_Task directions:_
Every record needs to be restated word for word.
===== Material supplied =====
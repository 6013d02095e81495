//! Two threads deliver files to one user, and then the entity is closed.
ghost use Rattle.std.specs.Prelude.{◌≡◌, All};

use crate::acts::{eof, metadata};
use crate::heard::Heard;
use crate::runs::{Run, play};
use crate::said::push_line;
use crate::watch::TURNS;
use shared_entity::Entity;
use shared_lanes::{Names, NoGate};
use std::alloc::AllocError;
use std::sync::Wait;
use std::test::*;
use std::thread;
use std::thread::Threads;
use user_queues::{LaneOutlet, UserPort};

// Whether a lane accepted a datagram.
fn is_taken<N: Names, R: Wait + Copy>(rt: &R, entity: &Entity<N, R>, octets: &[u8]) -> bool {
    matches!(&entity.deliver(rt, &NoGate, octets), Ok(Ok(_)))
}

// Whether both datagrams of a file were accepted.
fn deliver_both<N: Names, R: Wait + Copy>(rt: &R, entity: &Entity<N, R>, seq: u8) -> bool {
    is_taken(rt, entity, &metadata(1, seq)) && is_taken(rt, entity, &eof(1, seq))
}

/// Delivers two files, each in its own thread. Then the user takes all indications, and the lanes give their
/// outlets back.
pub(crate) fn deliver_two<N: Names + Send + Sync, R: Threads + Wait + Copy + Send + Sync>(
    rt: &R,
    text: &mut String,
    entity: Entity<N, R>,
    port: UserPort,
) -> Result<(), AllocError>
    requires { port.queue ≡ N.queue port.knows.user }
{
    let (five, six) = thread::join(
        rt,
        || deliver_both(rt, &entity, 5),
        || deliver_both(rt, &entity, 6),
    );
    let mut port = port;
    let mut heard = Heard::new(0);
    take_all(rt, &mut heard, &mut port);
    admit_own::<N, R>(&mut port, entity.into_lanes());
    let is_complete = port.is_complete();
    take_all(rt, &mut heard, &mut port);
    let outcomes = [u64::from(five), u64::from(six), u64::from(is_complete)];
    push_line(text, "delivered and complete", &outcomes)?;
    heard.push(text)
}

// Takes all bundles that wait.
fn take_all<R: Wait>(rt: &R, heard: &mut Heard, port: &mut UserPort)
    ensures queue { port.new.queue ≡ port.old.queue }
    ensures user { port.new.knows.user ≡ port.old.knows.user }
{
    for _ in 0..TURNS {
        if !heard.take(rt, port) {
            return;
        }
    }
}

// Gives the outlets of a user's lanes back to the user's port.
fn admit_own<N: Names, R: Copy>(port: &mut UserPort, outlets: Vec<LaneOutlet<R>>)
    requires port { port.old.queue ≡ N.queue port.old.knows.user }
    requires outlets { All (λ outlet. outlet.queue ≡ N.queue outlet.knows.user) outlets.items }
{
    for outlet in outlets {
        if outlet.user() == port.user() {
            port.admit(outlet);
        }
    }
}

#[test]
fn two_deliveries(rt: HostRuntime) -> Result<(), Fail> {
    let text = play(rt, 8, Run::Closing)?;
    assert_eq!(rt;
        text.as_str(),
        "delivered and complete 1 1 1\nlanes 0 0 61062 51052\nothers 0\n"
    );
    Ok(())
}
=====
_Response area:_
repository 6013d02095e81495
//! Two threads deliver files to one user, and then the entity is closed.
ghost use Rattle.std.specs.Prelude.{◌≡◌, All};

use crate::acts::{eof, metadata};
use crate::heard::Heard;
use crate::runs::{Run, play};
use crate::said::push_line;
use crate::watch::TURNS;
use shared_entity::Entity;
use shared_lanes::{Names, NoGate};
use std::alloc::AllocError;
use std::sync::Wait;
use std::test::*;
use std::thread;
use std::thread::Threads;
use user_queues::{LaneOutlet, UserPort};

// Whether a lane accepted a datagram.
fn is_taken<N: Names, R: Wait + Copy>(rt: &R, entity: &Entity<N, R>, octets: &[u8]) -> bool {
    matches!(&entity.deliver(rt, &NoGate, octets), Ok(Ok(_)))
}

// Whether both datagrams of a file were accepted.
fn deliver_both<N: Names, R: Wait + Copy>(rt: &R, entity: &Entity<N, R>, seq: u8) -> bool {
    is_taken(rt, entity, &metadata(1, seq)) && is_taken(rt, entity, &eof(1, seq))
}

/// Delivers two files, each in its own thread. Then the user takes all indications, and the lanes give their
/// outlets back.
pub(crate) fn deliver_two<N: Names + Send + Sync, R: Threads + Wait + Copy + Send + Sync>(
    rt: &R,
    text: &mut String,
    entity: Entity<N, R>,
    port: UserPort,
) -> Result<(), AllocError>
    requires { port.queue ≡ N.queue port.knows.user }
{
    let (five, six) = thread::join(
        rt,
        || deliver_both(rt, &entity, 5),
        || deliver_both(rt, &entity, 6),
    );
    let mut port = port;
    let mut heard = Heard::new(0);
    take_all(rt, &mut heard, &mut port);
    admit_own::<N, R>(&mut port, entity.into_lanes());
    let is_complete = port.is_complete();
    take_all(rt, &mut heard, &mut port);
    let outcomes = [u64::from(five), u64::from(six), u64::from(is_complete)];
    push_line(text, "delivered and complete", &outcomes)?;
    heard.push(text)
}

// Takes all bundles that wait.
fn take_all<R: Wait>(rt: &R, heard: &mut Heard, port: &mut UserPort)
    ensures queue { port.new.queue ≡ port.old.queue }
    ensures user { port.new.knows.user ≡ port.old.knows.user }
{
    for _ in 0..TURNS {
        if !heard.take(rt, port) {
            return;
        }
    }
}

// Gives the outlets of a user's lanes back to the user's port.
fn admit_own<N: Names, R: Copy>(port: &mut UserPort, outlets: Vec<LaneOutlet<R>>)
    requires port { port.old.queue ≡ N.queue port.old.knows.user }
    requires outlets { All (λ outlet. outlet.queue ≡ N.queue outlet.knows.user) outlets.items }
{
    for outlet in outlets {
        if outlet.user() == port.user() {
            port.admit(outlet);
        }
    }
}

#[test]
fn two_deliveries(rt: HostRuntime) -> Result<(), Fail> {
    let text = play(rt, 8, Run::Closing)?;
    assert_eq!(rt;
        text.as_str(),
        "delivered and complete 1 1 1\nlanes 0 0 61062 51052\nothers 0\n"
    );
    Ok(())
}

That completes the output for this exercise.